We run M parallel pools of HAProxy instances and webapp instances, each pool in its own AWS Availability Zone. HAProxy is configured with N ‘slots’ for webapp backends in each AZ, giving a total of N * M backends that can be routed to across all the AZs. A few months ago, this total was more than ample headroom — we’d never needed to run anything even approaching that number of instances of our webapp tier. However, after the morning’s database incident, we were running slightly more than N * M instances of the webapp. If you think of the HAProxy slots as a giant game of musical chairs, a few of these webapp instances were left without a seat. That wasn’t a problem — we had more than enough serving capacity.

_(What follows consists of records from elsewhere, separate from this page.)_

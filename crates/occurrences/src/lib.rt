// The occurrences of a requirement: how many, and the row of each.
#![tactic(auto)]

ghost use Rattle.std.specs.Prelude.{◌≡◌, length, slice_get};
ghost use Rattle.rows.specs.Checks.{found_row, occurrences, occurrence_says, occurrence_of};

use figures::{OccurrenceCount, OccurrenceNumber, Refusal, RowNumber};

pub fn occurrence_count(rows: &[[u16; 3]]) -> OccurrenceCount
    ensures { result.0 ≡ length (occurrences rows.now) }
{
    OccurrenceCount(
        rows.iter()
            .filter(|row| rows::is_condition_row(**row))
            .count(),
    )
}

// The row of an occurrence.
#[tactic(auto, using(laws::proofs::Below::found_none), unfolding(figures::specs::Numbers::below))]
pub fn occurrence_row(rows: &[[u16; 3]], occurrence: OccurrenceNumber) -> Option<RowNumber>
    ensures { found_row result ≡ slice_get (occurrences rows.now) occurrence.0 }
{
    let mut seen = 0;
    for (r, row) in rows.iter().enumerate() {
        if rows::is_condition_row(*row) {
            if seen == occurrence.0 {
                return Some(RowNumber(r));
            }
            seen += 1;
        }
    }
    None
}

// The row of an occurrence, or refusal 12.
pub fn occurrence_of(rows: &[[u16; 3]], occurrence: OccurrenceNumber) -> Result<RowNumber, Refusal>
    ensures { occurrence_says result ≡ occurrence_of rows.now occurrence.0 }
{
    occurrence_row(rows, occurrence).ok_or(Refusal::NoSuch)
}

However, over the course of the day, a problem developed. The program which synced the host list generated by consul template with the HAProxy server state had a bug. It always attempted to find a slot for new webapp instances before it freed slots taken up by old webapp instances that were no longer running. This program began to fail and exit early because it was unable to find any empty slots, meaning that the running HAProxy instances weren’t getting their state updated. As the day passed and the webapp autoscaling group scaled up and down, the list of backends in the HAProxy state became more and more stale.

By 4:45pm Pacific, most HAProxy instances were only able to send requests to the set of webapp backends that had been up since the morning, and this set of older webapp backends was now a minority of the fleet. We do regularly provision new HAProxy instances, so there would have been a few fresh HAProxy instances that had correct configuration, but most of them were more than eight hours old and therefore were stuck with full and stale backend state. The outage was eventually triggered at the end of the business day in the US because that’s when we begin to scale down the webapp tier as traffic drops. Autoscaling will preferentially terminate older instances, so this meant that there were no longer enough older webapp instances remaining in the HAProxy server state to serve demand.

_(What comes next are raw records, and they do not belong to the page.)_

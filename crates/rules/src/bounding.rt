//! The bounds of forms and expressions that show what a checked plan owes.

mod called;
mod inside;
mod kept;
pub mod laws;
mod plan_bounds;
mod same;
mod scope;
mod seats;

pub use kept::Kept;
pub use plan_bounds::PlanBounds;
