// A group and its line before others.
fn put_first(
    group: Group,
    own: Own,
    others: (Vec<Group>, Vec<Own>),
) -> Result<(Vec<Group>, Vec<Own>), AllocError>
    ensures groups { IfOk result (λ v. v.0.items ≡ group ∷ others.0.items) }
    ensures owned { IfOk result (λ v. v.1.items ≡ own ∷ others.1.items) }
{
    let (mut groups, mut owned) = others;
    groups.insert(0, group)?;
    owned.insert(0, own)?;
    Ok((groups, owned))
}

// The groups of these root functions, of which the first begins so, and what their pieces own; the rest that the certificate says of
// them is added to it.
#[tactic(auto, using(crate::proofs::Made::made_first, crate::proofs::Claimed::bodies_none, crate::proofs::Grouped::groups_none))]
fn groups_from<'a>(
    alloc: Global,
    algo: &Algo,
    roots: &[Root<'a>],
    parties: &[Party<'a>],
    beginning: Beginning,
    certificate: &mut Cert,
) -> Result<(Vec<Group>, Vec<Own>), LowerError>
    requires { length certificate.old.claims.items ≡ beginning.claim }
    ensures made { IfOk result (λ v. AreMade (map party_of parties.now) beginning.number v.0.items v.1.items) }
    ensures bodies { IfOk result (λ v. AreAlone parties.now → BodiesMade (algorithm_of algo.now) (map root_of roots.now) beginning.number
        beginning.claim beginning.line
        (map party_of parties.now) v.0.items certificate.old.claims.items certificate.new.claims.items
        certificate.old.needs.items certificate.new.needs.items) }
    ensures windows { IfOk result (λ v. AreAlone parties.now → certificate.new.windows.items ≡ certificate.old.windows.items) }
    ensures told { TellsOf result (first_unplanned (algorithm_of algo.now) (map root_of roots.now) beginning.number (map inside_at parties.now)
        (map party_of parties.now)) }
    ensures by { IfOk result (λ v. GroupsBy (algorithm_of algo.now) (map root_of roots.now) beginning.number beginning.claim beginning.line
        (map inners_of parties.now) (map party_of parties.now) v.0.items certificate.old certificate.new) }
    ensures known { IfOk result (λ _. AreKnown parties.now) }
{
    let [party, rest @ ..] = parties else {
        return Ok((Vec::new(alloc), Vec::new(alloc)));
    };
    let Some(number) = beginning.number.checked_add(1) else {
        return Err(LowerError::Memory);
    };
    let Made { group, own, line } = group_at(alloc, algo, roots, party, beginning, certificate)?;
    let next = Beginning {
        number,
        line,
        claim: certificate.claims.len() as u64,
    };
    let others = groups_from(alloc, algo, roots, rest, next, certificate)?;
    Ok(put_first(group, own, others)?)
}

// The groups of all root functions, in the order of declaration, and the certificate.
#[tactic(auto, using(crate::proofs::Claimed::bodies_all, crate::proofs::Grouped::groups_all))]
fn groups_of<'a>(
    alloc: Global,
    algo: &Algo,
    roots: &[Root<'a>],
    parties: &[Party<'a>],
) -> Result<(Vec<Group>, Cert), LowerError>
    ensures made { IfOk result (λ v. AreMade (map party_of parties.now) 0 v.0.items v.1.own.items) }
    ensures bodies { IfOk result (λ v. AreAlone parties.now → AreBodies (algorithm_of algo.now) (map root_of roots.now) 0 0 4
        (map party_of parties.now) v.0.items
        v.1.claims.items v.1.needs.items) }
    ensures windows { IfOk result (λ v. AreAlone parties.now → v.1.windows.items ≡ []) }
    ensures told { TellsOf result (first_unplanned (algorithm_of algo.now) (map root_of roots.now) 0 (map inside_at parties.now) (map party_of parties.now)) }
    ensures by { IfOk result (λ v. AreBodiesBy (algorithm_of algo.now) (map root_of roots.now) 0 0 4 (map inners_of parties.now)
        (map party_of parties.now) v.0.items
        v.1.claims.items v.1.needs.items v.1.windows.items) }
    ensures known { IfOk result (λ _. AreKnown parties.now) }
{
    let mut certificate = empty_certificate(alloc);
    let beginning = Beginning {
        number: 0,
        line: FIRST_GROUP,
        claim: 0,
    };
    let (groups, owned) = groups_from(alloc, algo, roots, parties, beginning, &mut certificate)?;
    certificate.own = owned;
    Ok((groups, certificate))
}

// One more, where the function is stored.
fn with_stored(subject: &Subject, others: usize) -> Result<usize, AllocError>
    ensures { IfOk result (λ count. count ≡ broken.with_stored (subject_of subject.now) others) }
{
    if !subject.is_stored {
        return Ok(others);
    }
    let Some(count) = others.checked_add(1) else {
        return Err(AllocError);
    };
    Ok(count)
}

Once we knew the cause of the failure, it was resolved quickly with a rolling restart of the HAProxy fleet. After the incident was mitigated, the first question we asked ourselves was why our monitoring didn’t catch this problem. We had alerting in place for this precise situation, but unfortunately, it wasn’t working as intended.The broken monitoring hadn’t been noticed partly because this system ‘just worked’ for a long time, and didn’t require any change. The wider HAProxy deployment that this is part of is also relatively static. With a low rate of change, fewer engineers were interacting with the monitoring and alerting infrastructure.

Slack 503 Vs

The reason that we haven’t been doing any significant work on this HAProxy stack is that we’re moving towards Envoy Proxy for all of our ingress load-balancing (we’ve recently moved our websockets traffic onto Envoy). While HAProxy has served us well and reliably for many years, it also has some operational sharp edges, of exactly the kind highlighted by this incident. The complex pipeline we use to manipulate HAProxy server state will be replaced by Envoy’s native integration with an xDS control plane for endpoint discovery. The most recent versions of HAProxy (since the 2.0 release) also solve many of these operational pain points. However, Envoy has been our proxy of choice for our internal service mesh project for some time, and this makes a move to Envoy for our ingress load-balancing attractive. Our initial testing of Envoy + xDS at scale is very exciting and this migration should improve both performance and availability going forward. Our new load-balancing and service discovery architecture is not susceptible to the problem that caused this outage.

503

Slack 503 Twitter

We strive to keep Slack available and reliable, and in this case, we failed. We know that Slack is a critical tool for our users, and that is why we aim to learn as much as we can from every incident, whether customer visible or not. We apologize for the inconvenience this outage caused and will continue to use the lessons learned to drive improvements in both our systems and our processes.